1 Casbah is the OG of Atlantic City's megaclubs. A Press of Atlantic City story about its opening in June 2000 called it "absolute craziness," "sheer lunacy" and "the only place to be in town." Basically, every article about the club since has used some variation of the phrase "rock the Casbah," a punk-rock reference for a club that bumps with hip-hop and house music. But the cliche is basically true - the venue really kicked off the casino nightlife scene here, and it still rocks out every weekend.
2 "Casbah" means citadel, or fortress. This particular castle debuted bottle service in the city back in 2002, and if you want to feel like a king or queen there are 22 VIP booths ringing the main room. The booths can fit groups as small as two and as large as 50. You need to buy at least one bottle for every four people - standard at the city's clubs. And, with prices starting at $150, it's one of the least-expensive experiences in the city.
3 If you've got it, flaunt it. The outside patio opens Saturday, May 21, and overlooks the ocean that is the city's namesake, an asset that's easy to forget about in the windowless shelter of the casinos. It's a good spot to talk at a reasonable volume with your friends, or actually get the name of that person you just met on the dance floor. Of course, you can get some of that fresh sea air in your lungs, too ... and then chase it with cigarette smoke.
4 Fist-pumping is welcome. The club recently featured a performance by DaCav5, an up-and-coming Philly-based hip-hop group whose single "Dirty Style" gives a shout out to the state, and the song's video features Angelina from "Jersey Shore" playing strip poker. Coincidentally, fellow cast members Pauly D and Mike "The Situation" Sorrentino made an appearance last year, and it was Pauly D keeping the beats dirty with his own DJ set.
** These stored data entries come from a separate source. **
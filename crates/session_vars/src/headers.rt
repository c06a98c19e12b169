//! The headers of a request, of which only the secret and the session variables are kept.

ghost use Rattle.std.specs.Prelude.{◌≡◌, [], None, nat_eq, codes, IfOk, OnOk, option_and_then, option_map};
ghost use Rattle.std.specs.List.{starts_with};
ghost use Rattle.std.specs.Str.{bytes_eq, str_to_ascii_lowercase};
ghost use Rattle.serde_json.specs.Find.{as_object, get};
ghost use Rattle.serde_json.specs.View.{view, members_view};
ghost use Rattle.role_model.specs.Sessions.{headers_of, lowered, secret_header};
ghost use Rattle.session_vars.specs.Kept.{kept_of, with_header, with_lowered};

use role_model::StrMap;
use scalar_val::{NoMemory, Str};
use serde_json::{Map, Value};
use std::alloc::Global;

/// What is kept of headers: the secret that they show, and the session variables. The role's header is one of these.
#[derive(Drop)]
pub struct Headers {
    pub secret: Option<Str>,
    pub vars: StrMap,
}

fn lowered_name(alloc: Global, name: &str) -> Result<Str, NoMemory>
    ensures { IfOk result (λ lowered. lowered ≡ str_to_ascii_lowercase name.now) }
{
    let mut name = String::from_str(alloc, name)?;
    name.make_ascii_lowercase();
    Ok(Str::from_string(name))
}

fn is_secret_header(name: &str) -> bool
    ensures { result ≡ bytes_eq name.now secret_header }
{
    name == "x-hasura-admin-secret"
}

fn has_prefix(name: &str) -> bool
    ensures { result ≡ starts_with nat_eq name.now (codes "x-hasura-") }
{
    name.as_bytes().starts_with(b"x-hasura-")
}

/// Keeps a header whose name is in lower case, in place of an earlier one of this name.
fn keep(alloc: Global, headers: &mut Headers, name: Str, value: &str) -> Result<(), NoMemory>
    ensures { OnOk result (headers.new ≡ with_lowered name value.now headers.old) }
{
    if is_secret_header(name.as_str()) {
        headers.secret = Some(Str::of(alloc, value)?);
        return Ok(());
    }
    if has_prefix(name.as_str()) {
        return headers.vars.insert(alloc, name, Str::of(alloc, value)?);
    }
    Ok(())
}

fn add(alloc: Global, headers: &mut Headers, name: &str, value: &Value) -> Result<(), NoMemory>
    ensures { OnOk result (headers.new ≡ with_header name.now (view value.now) headers.old) }
{
    match value {
        Value::String(value) => keep(alloc, headers, lowered_name(alloc, name)?, value.as_str()),
        _ => Ok(()),
    }
}

fn no_headers(alloc: Global) -> Headers
    ensures { result ≡ kept_of [] }
{
    Headers {
        secret: None,
        vars: StrMap::new(alloc),
    }
}

fn read_members(alloc: Global, members: &Map<String, Value>) -> Result<Headers, NoMemory>
    ensures { IfOk result (λ headers. headers ≡ kept_of (lowered (members_view members.now.entries) [])) }
{
    let mut headers = no_headers(alloc);
    'members: for (name, value) in members.iter() {
        add(alloc, &mut headers, name.as_str(), value)?;
    }
    Ok(headers)
}

fn members_in(payload: Option<&Value>) -> Option<&Map<String, Value>>
    ensures { option_map (λ m. members_view m.now.entries) result ≡ option_and_then as_object (option_and_then (get (codes "headers")) (option_map (λ v. view v.now) payload.entry)) }
{
    payload?.get("headers")?.as_object()
}

/// What is kept of the headers in a payload.
pub fn read_headers(alloc: Global, payload: Option<&Value>) -> Result<Headers, NoMemory>
    ensures { IfOk result (λ headers. headers ≡ kept_of (lowered (headers_of (option_map (λ v. view v.now) payload.entry)) [])) }
{
    match members_in(payload) {
        Some(members) => read_members(alloc, members),
        None => Ok(no_headers(alloc)),
    }
}
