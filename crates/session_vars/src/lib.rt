//! Who a connection acts for, by the headers in the payload of its `connection_init`.
#![tactic(auto)]

mod headers;
mod identity;
#[cfg(test)]
mod tests;

pub use identity::identify;
pub use role_model::{Identity, Session, StrMap};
5 For years after the club opened, it was jam-packed, having been voted the state's foremost nightclub and recognized as one of the best in the country. It hasn't changed, but more than a dozen other clubs have opened here in the decade since. It isn't constantly pushing capacity as it once was, but that can be a plus. Too often, it seems people mistake a hassle with exclusivity. It can be refreshing to just get in and get down with your friends, instead of standing in long lines to muscle your way to the bar and squeeze into a small space on the dance floor.
Heard on a Friday night: A steady stream of mash-ups from DJs Vito G, Black Collar and DJ Do Work, with tracks such as Usher's "DJ Got Us Fallin' in Love," Rihanna's "S&M" and Ke$ha's "Blow" sending the place into a frenzy.
Seen at 1 a.m.: Pink, green and blue lasers illuminate the scene while a trio of DJs switch off on the 1s and 2s. A crowd surrounds the main bar, slightly raised above the dance floor, a vantage point from which they scout out the scene and down $5 Three Olives vodka drinks. Groups in the club's lavish bottle service areas, some of the largest and most private in the resort, mix their own concoctions. Several groups of girls in skin-tight jeans and dresses wildly grind with each other, while the guys throw their hands in the air, all of it blurred in the strobe lights.